Calcutta, Sept. 4: The boson was rechristened Boson in Bose’s hometown on Monday by the boss of CERN who also termed it “ironical” that the Bengali physicist was not awarded the Nobel, something he “fully deserved”.

“I always spell boson with a capital letter,” Rolf Dieter Heuer, director-general of the European Centre for Nuclear Research, Geneva, had told Metro on Sunday.

Delivering the inaugural address of Frontiers of Science 2012, a two-day conference in Calcutta, he was true to his word. “I was asked yesterday why the boson was not capped. In (Satyendra Nath) Bose’s own city today, we have capped the Boson. I, in fact, always cap the Boson. But today, we changed all our CERN slides to cap Bosons,” said Heuer.

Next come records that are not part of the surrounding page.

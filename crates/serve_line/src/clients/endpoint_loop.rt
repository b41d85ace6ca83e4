ghost use Rattle.std.specs.Prelude.{◌≡◌, IfOk, IfSome, map, None, true};
ghost use Rattle.serve_line.specs.Peers.{is_interlocking};
ghost use Rattle.serve_line.specs.Slots.{IsSlotOf};

use crate::clients::connection_refusal::ConnectionRefusal;
use crate::clients::control::serve_control;
use crate::clients::entrance::{Entrance, accept, rest, rest_after};
use crate::clients::grace::{Grace, grace_of};
use crate::clients::limits::{GRACE_RESTS, LEAVING_RESTS, NEXT_RESTS};
use crate::clients::sessions::serve_train;
use crate::state::{Endpoint, Peer, PeerStream, Room, Server, Slot, SlotState, Watch, room_for};
use crate::status::Life;
use serve_notes::{Kind, Notes};
use std::alloc::AllocError;
use std::sync::Wait;
use std::sync::atomic::Ordering;
use std::thread;
use std::thread::Threads;
use std::time::Clock;

/// Accepts connections at one endpoint until the centres stop, and closes it. After the stop, connections have a
/// limited time to end; then they are shut. It returns after the last connection.
pub fn run_endpoint<R: Threads + Wait + Sync + Clock, N: Notes + Sync>(
    rt: &R,
    server: &Server<'_>,
    notes: &N,
    endpoint: &Endpoint,
) {
    thread::scope(thread::scope_env(), rt, |scope| {
        let Some(mut entrance) = entrance_of(rt, endpoint) else {
            return;
        };
        let mut looks = Looks::new();
        for _ in rt.forever() {
            if server.state.is_stopped() {
                break;
            }
            looks.look(rt, server, notes, endpoint);
            let Some((stream, slot)) = next_peer(rt, server, notes, endpoint, &mut entrance) else {
                continue;
            };
            let peer = endpoint.peer;
            if slot.is_reserve {
                attend(rt, server, notes, peer, slot, stream);
            } else if scope
                .spawn(move || attend(rt, server, notes, peer, slot, stream))
                .is_err()
            {
                attend_here(rt, server, notes, endpoint, slot);
            }
        }
        drop(entrance);
        match endpoint.peer {
            Peer::Trains(_) => end_trains(rt, server, notes, endpoint),
            Peer::Interlocking => end_controls(rt, server, endpoint),
        }
    });
    if let Peer::Trains(_) = endpoint.peer {
        server.state.close_endpoint();
    }
}

// The source of an endpoint's connections. The control endpoint keeps a file in reserve.
fn entrance_of<R: Wait>(rt: &R, endpoint: &Endpoint) -> Option<Entrance>
    ensures { IfSome result (λ entrance. entrance.has_reserve ≡ is_interlocking endpoint.now.peer) }
{
    let listener = endpoint.listener.lock(rt).take()?;
    let has_reserve = matches!(endpoint.peer, Peer::Interlocking);
    Some(Entrance::new(listener, has_reserve))
}

/// The periodic checks of an endpoint's thread: the usage of its centre, and the queue of its journal.
#[derive(Clone, Copy)]
struct Looks {
    life: Life,
    watch: Watch,
}

impl Looks {
    fn new() -> Looks
        ensures life { (result.life.log.noted ≡ 0) × (result.life.clock.noted ≡ 0) × (result.life.link.noted ≡ 0) }
        ensures watch { result.watch.moves ≡ record { left = 0; since = None } }
    {
        Looks {
            life: Life::new(),
            watch: Watch::new(),
        }
    }

    fn look<R: Wait + Clock, N: Notes>(
        &mut self,
        rt: &R,
        server: &Server<'_>,
        notes: &N,
        endpoint: &Endpoint,
    ) {
        let (Some(node), Some(sink)) = (server.node(endpoint.peer), server.sink(endpoint.peer))
        else {
            return;
        };
        self.life.look(rt, server.line, node, notes, sink.name);
        self.watch.look(rt, &sink.queue, notes, sink.name);
    }
}

// Serves the connection of a slot if no thread can be made. A connection of the interlocking is served in the thread of
// the endpoint, so that `stop` can be sent. A connection of a train ends.
fn attend_here<R: Threads + Wait + Sync + Clock, N: Notes + Sync>(
    rt: &R,
    server: &Server<'_>,
    notes: &N,
    endpoint: &Endpoint,
    slot: &Slot,
) {
    let stream = slot.stream.lock(rt).take();
    slot.leave(rt);
    let Some((stream, reserve)) = reserve_for(rt, endpoint, stream) else {
        let about = server.about(Kind::Thread, endpoint.peer);
        notes.note(about, "a connection is ended, no thread could be made");
        return;
    };
    attend(rt, server, notes, endpoint.peer, reserve, stream);
}

// Puts the connection of a slot into the reserve slot of its endpoint. `None` if there is none, or it is taken.
fn reserve_for<'a, R: Wait>(
    rt: &R,
    endpoint: &'a Endpoint,
    stream: Option<PeerStream>,
) -> Option<(PeerStream, &'a Slot)>
    ensures { IfSome result (λ next. IsSlotOf endpoint.now next.1.now × (next.1.now.is_reserve ≡ true)) }
{
    let stream = stream?;
    let shared = stream.try_clone().ok()?;
    let slot = endpoint.reserve_slot(rt)?;
    *slot.stream.lock(rt) = Some(shared);
    Some((stream, slot))
}

// The next connection of an endpoint, with its slot. `None` if none came for a while, or after `stop`, or if it is
// refused.
fn next_peer<'a, R: Wait, N: Notes>(
    rt: &R,
    server: &Server<'_>,
    notes: &N,
    endpoint: &'a Endpoint,
    entrance: &mut Entrance,
) -> Option<(PeerStream, &'a Slot)>
    ensures { IfSome result (λ next. IsSlotOf endpoint.now next.1.now) }
{
    let stream = match accept(rt, server, endpoint, entrance) {
        Ok(stream) => stream,
        Err(error) => {
            rest_after(rt, server, notes, endpoint, &error);
            return None;
        }
    };
    // It may have come while the endpoint waited, and after `stop`.
    if server.state.is_stopped() {
        return None;
    }
    match seat(rt, server, endpoint, &stream) {
        Ok(slot) => Some((stream, slot)),
        Err(refusal) => {
            let (name, words) = (server.name(endpoint.peer), refusal.words());
            notes.note(
                server.about(Kind::Refusal, endpoint.peer),
                format_args!("{name}: a connection is refused, {words}"),
            );
            None
        }
    }
}

// Puts a new connection into a slot.
fn seat<'a, R: Wait>(
    rt: &R,
    server: &Server<'_>,
    endpoint: &'a Endpoint,
    stream: &PeerStream,
) -> Result<&'a Slot, ConnectionRefusal>
    ensures { IfOk result (λ slot. IsSlotOf endpoint.now slot.now) }
{
    let shared = stream.try_clone()?;
    if let Peer::Trains(centre) = endpoint.peer {
        if server.is_stuck(rt, centre) {
            return Err(ConnectionRefusal::Journal);
        }
    }
    let Some(slot) = slot_for(rt, server, endpoint)? else {
        return Err(ConnectionRefusal::Slots);
    };
    slot.heard.store(server.state.hear(), Ordering::SeqCst);
    *slot.stream.lock(rt) = Some(shared);
    Ok(slot)
}

// A slot for a new connection. If all are taken, another connection has to leave its slot. At a centre, this is the
// earliest connection that serves no train. At the control endpoint, it is the least recently active one. If that
// connection does not leave, as when it waits for the disk, the next one of the interlocking has to. If none leaves,
// the reserve slot is taken. `None` if that is not free.
fn slot_for<'a, R: Wait>(
    rt: &R,
    server: &Server<'_>,
    endpoint: &'a Endpoint,
) -> Result<Option<&'a Slot>, AllocError>
    ensures { IfOk result (λ found. IfSome found (λ slot. IsSlotOf endpoint.now slot.now)) }
{
    let each = match endpoint.peer {
        Peer::Trains(_) => LEAVING_RESTS,
        Peer::Interlocking => NEXT_RESTS,
    };
    for turn in 0..=LEAVING_RESTS {
        let slots = states_of(rt, server, endpoint)?;
        match room_for(&slots, turn % each == 0, turn == LEAVING_RESTS) {
            Room::Take(place) | Room::Reserve(place) => return Ok(endpoint.take(rt, place)),
            Room::Leave(place) => endpoint.shut(rt, place),
            Room::Wait => {}
            Room::Full => break,
        }
        rest(rt, endpoint);
    }
    Ok(None)
}

// The states of an endpoint's slots now.
fn states_of<R: Wait>(
    rt: &R,
    server: &Server<'_>,
    endpoint: &Endpoint,
) -> Result<Vec<SlotState>, AllocError>
    ensures { IfOk result (λ states. map (λ state. state.is_reserve) states.items
        ≡ map (λ slot. slot.is_reserve) endpoint.now.slots.items) }
{
    let mut states = Vec::with_capacity(server.alloc, endpoint.slots.len())?;
    for slot in &endpoint.slots {
        let is_serving = server.is_serving(rt, endpoint.peer, slot.number);
        states.push(slot.state(is_serving))?;
    }
    Ok(states)
}

// After `stop`, trains have about 30 seconds to end their connections, and after `stop now` no time. Then the remaining
// connections are ended.
fn end_trains<R: Wait, N: Notes>(rt: &R, server: &Server<'_>, notes: &N, endpoint: &Endpoint) {
    for rests in 0..=GRACE_RESTS {
        let (is_empty, is_hasty) = (endpoint.is_empty(), server.state.is_hasty());
        match grace_of(rests, GRACE_RESTS, is_empty, is_hasty) {
            Grace::Over => return,
            Grace::Wait => rest(rt, endpoint),
            Grace::Cut => break,
        }
    }
    let name = server.name(endpoint.peer);
    notes.note(
        server.about(Kind::Stop, endpoint.peer),
        format_args!("{name}: the connections that are left are ended"),
    );
    for slot in &endpoint.slots {
        slot.shut(rt);
    }
}

// After the last session the interlocking has a second to read its last answers. Then its connections are ended.
fn end_controls<R: Wait>(rt: &R, server: &Server<'_>, endpoint: &Endpoint) {
    for _ in rt.forever() {
        if endpoint.is_empty() || server.state.is_empty() {
            break;
        }
        rest(rt, endpoint);
    }
    for rests in 0..=LEAVING_RESTS {
        match grace_of(rests, LEAVING_RESTS, endpoint.is_empty(), false) {
            Grace::Over => return,
            Grace::Wait => rest(rt, endpoint),
            Grace::Cut => break,
        }
    }
    for slot in &endpoint.slots {
        slot.shut(rt);
    }
}

// Serves one connection, and frees its slot.
fn attend<R: Threads + Wait + Sync + Clock, N: Notes + Sync>(
    rt: &R,
    server: &Server<'_>,
    notes: &N,
    peer: Peer,
    slot: &Slot,
    stream: PeerStream,
) {
    match peer {
        Peer::Trains(centre) => {
            if let Some(stream) = stream.into_tcp() {
                serve_train(rt, server, notes, centre, slot, stream);
            }
        }
        Peer::Interlocking => serve_control(rt, server, notes, slot, &stream),
    }
    slot.leave(rt);
}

The CERN chief did not stop at that, while dwelling on the influence of Bose in the discovery, on July 4 at CERN’s Large Hadron Collider, of the “Higgs-like Boson” — the third class of particles.

“India is like a historic father of the Higgs-Boson project.... It is really ironical that he (Bose) was not given the award (Nobel). His contribution to science is immense and the absence of a Nobel doesn’t in any way undermine his genius or his contribution. However, we have done our bit by naming the particle after him,” said Heuer.

And, on Monday, capping it as well.

The Indian scientific community had expressed displeasure at boson being spelt in lower case while Higgs (after British physicist Peter Higgs) was spelt in the upper case. Heuer — who said he was “really very impressed seeing the immense talent pool that India has” — explained that the usual practice to cap Higgs was because it referred to one single particle, while boson, sorry Boson, referred to a class of particles.

Does the chief of CERN, the world’s leading research institute in particle physics, switching from boson to Boson make it official?

“We cannot have any regulations in science, any diktat that you have to cap this or that. But if an important person like the director-general of CERN has started capping the Boson, then automatically the whole world will follow,” said Milan Sanyal, the director of Saha Institute of Nuclear Physics (SINP) in Salt Lake.

Sanyal had promised to take up the matter with CERN following the July 4 announcement of the Higgs-like boson.

The first to take the cue from Heuer at the conference, being jointly hosted by the Centre for Natural Sciences and Philosophy and The Critical Issues Forum at Hyatt Regency, was Rudiger Voss, adviser for Non-member State Relations at the International Relations Office of CERN. Following his boss’s inaugural address, he apologised for not having capped the Boson in his presentation slides.

Sibaji Raha, the chief of the (JC) Bose Institute in Calcutta, however, chose to downplay the development and doubted that the world would overnight start capping the Boson. “I think this is a minor issue. The stature of Satyen Bose will not increase or diminish if Bosons are capped or not capped.”